In vivo gene-editing therapies end up taking off but ex-vivo therapies do not. MaxCyte’s electroporation technology isn’t needed for in vivo treatments.
Competitors in the space, such as Lonza and Thermo Fisher Scientific, start taking a lot of market share.
The end market could continue to deteriorate as it has since 2022.
These are all real risks, and ultimately if allogeneic CAR-T treatments don’t succeed in clinical trials then MaxCyte probably isn’t going to be worth much. Intellia’s decision to not use electroporation for its CAR-T treatments is a fascinating one and may lead to good outcomes, but Casgevy’s efficacy at least indicates that using electroporation is unlikely to render a treatment unsafe or ineffective. Additionally, Intellia is in the minority with its approach; MaxCyte is a better way to bet broadly on the success of the allogeneic space. It would be a little strange if in vivo gene-editing therapies took off while ex vivo didn’t, but it’s not a totally implausible scenario. AbbVie recently bought Capstan Therapeutics, whose lead asset is an in vivo CAR-T therapy for B-cell mediated autoimmune disease. A successful in vivo approach would pose a real threat to alternative ex-vivo approaches as well as ex-vivo CAR-T treatments for blood cancer.
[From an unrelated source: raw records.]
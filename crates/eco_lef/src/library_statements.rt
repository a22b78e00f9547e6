//! Reading what stands at the library level.

ghost use Rattle.std.specs.Prelude.{◌+◌, ◌≤◌, nat_le, length, IsSome, IfOk};
ghost use Rattle.eco_text.specs.Cursor.{token};
ghost use Rattle.eco_common.specs.NameBytes.{is_among};
ghost use Rattle.eco_lef.specs.Parsing.{new_name, word_count};
ghost use Rattle.eco_lef.specs.Known.{names_of};
ghost use Rattle.eco_lef.specs.Grammar.{defined as defined_at, named_block, plain_block, passed_in_library, library_end, statement_under, library_statement_new, masters};
ghost use Rattle.eco_lef.specs.Reading.{Reads, left, as_is};

use crate::fault::LefFault;
use crate::library::Library;
use crate::master::Master;
use crate::reader::Reader;
use crate::statement::LibraryStatement;
use eco_common::{MAX_MASTERS, Name, Size};
use eco_text::Word;

impl<'a> Reader<'a> {
    /// A macro's name, which isn't among those of the library, where there is room for one more.
    fn master_name(&mut self, heading: &[u8], library: &Library) -> Result<Word, LefFault>
        ensures { Reads 1 token (new_name heading.now (is_among (names_of library.now)) (nat_le MAX_MASTERS (length library.now))) self.old.words self.new.words result }
    {
        let known = library.has(self.words.bytes_ahead());
        self.unused_name(heading, known, MAX_MASTERS <= library.len())
    }

    /// A macro, whose name isn't among those of the library, where there is room for one more.
    #[tactic(auto, unfolding(crate::specs::Grammar::defined))]
    fn defined(
        &mut self,
        heading: &[u8],
        library: &Library,
    ) -> Result<Option<LibraryStatement>, LefFault>
        ensures { Reads 1 as_is (defined_at heading.now (is_among (names_of library.now)) (nat_le MAX_MASTERS (length library.now))) self.old.words self.new.words result }
    {
        self.take(heading)?;
        let word = self.master_name(heading, library)?;
        let name = self.words.bytes_of(word);
        let body = self.macro_body(name)?;
        let size = body.size.unwrap_or(Size {
            width: 0,
            height: 0,
        });
        Ok(Some(LibraryStatement::Defined(Master {
            name: Name::of(self.alloc, name)?,
            width: size.width,
            height: size.height,
            pins: body.pins.into_items(),
        })))
    }

    #[tactic(auto, unfolding(crate::specs::Grammar::named_block))]
    fn named_block(&mut self, heading: &[u8]) -> Result<Option<LibraryStatement>, LefFault>
        ensures { Reads 1 as_is (named_block heading.now) self.old.words self.new.words result }
    {
        self.take(heading)?;
        let word = self.name(heading)?;
        let block = self.words.bytes_of(word);
        self.pass_block(block)?;
        Ok(Some(LibraryStatement::Other))
    }

    #[tactic(auto, unfolding(crate::specs::Grammar::plain_block))]
    fn plain_block(&mut self, heading: &[u8]) -> Result<Option<LibraryStatement>, LefFault>
        ensures { Reads 1 as_is (plain_block heading.now) self.old.words self.new.words result }
    {
        self.take(heading)?;
        self.pass_block(heading)?;
        Ok(Some(LibraryStatement::Other))
    }

    #[tactic(auto, unfolding(crate::specs::Grammar::passed_in_library))]
    fn passed_in_library(
        &mut self,
        heading: &[u8],
        keyword: &[u8],
    ) -> Result<Option<LibraryStatement>, LefFault>
        ensures { Reads 1 as_is (passed_in_library heading.now keyword.now) self.old.words self.new.words result }
    {
        self.pass_to(heading, keyword)?;
        Ok(Some(LibraryStatement::Other))
    }

    #[tactic(auto, unfolding(crate::specs::Grammar::library_end))]
    fn library_end(&mut self, heading: &[u8]) -> Result<Option<LibraryStatement>, LefFault>
        ensures { Reads 1 as_is (library_end heading.now) self.old.words self.new.words result }
    {
        if self.block_ends(heading, b"LIBRARY")? {
            return Ok(None);
        }
        Ok(Some(LibraryStatement::Other))
    }

    /// One statement under a heading, and none at the library's end.
    #[tactic(auto, using(crate::proofs::Telling::told), unfolding(crate::specs::Grammar::statement_under))]
    fn statement_under(
        &mut self,
        heading: &[u8],
        library: &Library,
    ) -> Result<Option<LibraryStatement>, LefFault>
        ensures { Reads 1 as_is (statement_under heading.now (is_among (names_of library.now)) (nat_le MAX_MASTERS (length library.now))) self.old.words self.new.words result }
    {
        if self.words.next_is(b"END") {
            return self.library_end(heading);
        }
        if self.words.next_is(b"MACRO") {
            return self.defined(heading, library);
        }
        if self.words.next_is_one_of(&[b"LAYER", b"VIA", b"VIARULE", b"SITE", b"NONDEFAULTRULE"]) {
            return self.named_block(heading);
        }
        if self
            .words
            .next_is_one_of(&[b"UNITS", b"PROPERTYDEFINITIONS", b"SPACING"])
        {
            return self.plain_block(heading);
        }
        if self.words.next_is(b"BEGINEXT") {
            return self.passed_in_library(heading, b"ENDEXT");
        }
        if self.words.next_is(b"ARRAY") {
            return Err(self.array_block(heading));
        }
        self.passed_in_library(heading, b";")
    }

    /// One statement, and none at the end of the library or the text.
    fn library_statement(&mut self, library: &Library) -> Result<Option<LibraryStatement>, LefFault>
        ensures reads { Reads 0 as_is (library_statement_new (is_among (names_of library.now)) (nat_le MAX_MASTERS (length library.now))) self.old.words self.new.words result }
        ensures goes_on { IfOk result (λ o. IsSome o → word_count (left self.new.words) + 1 ≤ word_count (left self.old.words)) }
    {
        match self.words.ahead() {
            Ok(Some(word)) => {
                let heading = self.words.bytes_of(word);
                self.statement_under(heading, library)
            }
            Ok(None) => Ok(None),
            Err(fault) => Err(LefFault::Text(fault)),
        }
    }

    /// The masters of all statements.
    pub fn library(&mut self) -> Result<Library, LefFault>
        ensures { Reads 0 as_is (masters (nat_le MAX_MASTERS)) self.old.words self.new.words result }
    {
        let mut library = Library::new(self.alloc);
        'statements: while let Some(statement) = self.library_statement(&library)? {
            if let LibraryStatement::Defined(master) = statement {
                library = library.with(self.alloc, master)?;
            }
        }
        Ok(library)
    }
}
In my view it’s difficult to be overly concerned about competitors: the quality of customer logos make it clear MaxCyte offers a compelling product, and unlike Thermo Fisher/Lonza the company’s success is almost totally dependent on winning in this space. A lot of the thesis here does come down to valuation: MaxCyte’s powering key players in an emerging space where investor hype got out over its skis too early. Now things have gone in the entirely opposite direction, and I think MaxCyte is a way to bet on things reversing.
Disclaimer: The information in this post is not intended to be and does not constitute investment or financial advice. You should not make any decision based on the information presented without conducting independent due diligence. There is very real science risk here!
Disclosure: I hold a small position in MaxCyte.
MaxCyte actually initially went public on the LSE back in 2016, raising 14.4mm USD. The company recently delisted from the LSE and now only trades on the Nasdaq.
For a fascinating example of where this dynamic can actually be helpful, I’d recommend the ILTB interview with Oscar Health CEO Mark Bertolini. Skip to the section on his son’s bone marrow transplant.
MaxCyte’s technology can also be used in the development of autologous therapies, but no current commercial CAR-T therapy uses a non-viral method. The real excitement about non-viral approaches is really when it comes to editing donor cells.
I’m saying gene-editing tools rather than CRISPR-Cas9 because companies are using more than just CRISPR to edit cells. Eg. Allogene is using TALEN, Imugene is using ARCUS.
Off-target effects occur when a non-target strand of DNA is also edited by the gene-editing complex. This can happen when the gRNA comes across a DNA sequence that’s substantially similar to the target DNA strand. As one might imagine, it can cause real issues if a non-target gene is inadvertently knocked out of commission.
From the transcript of the FDA Cellular, Tissue, and Gene Therapies Advisory Committee meeting that covered Casgevy: “the RNP, Ribonucleo Protein Delivery Method is generally the shortest pulse that can be achieved with Cas9 gene editing and is expected to have, thereby, the shortest degree of off-target risk.”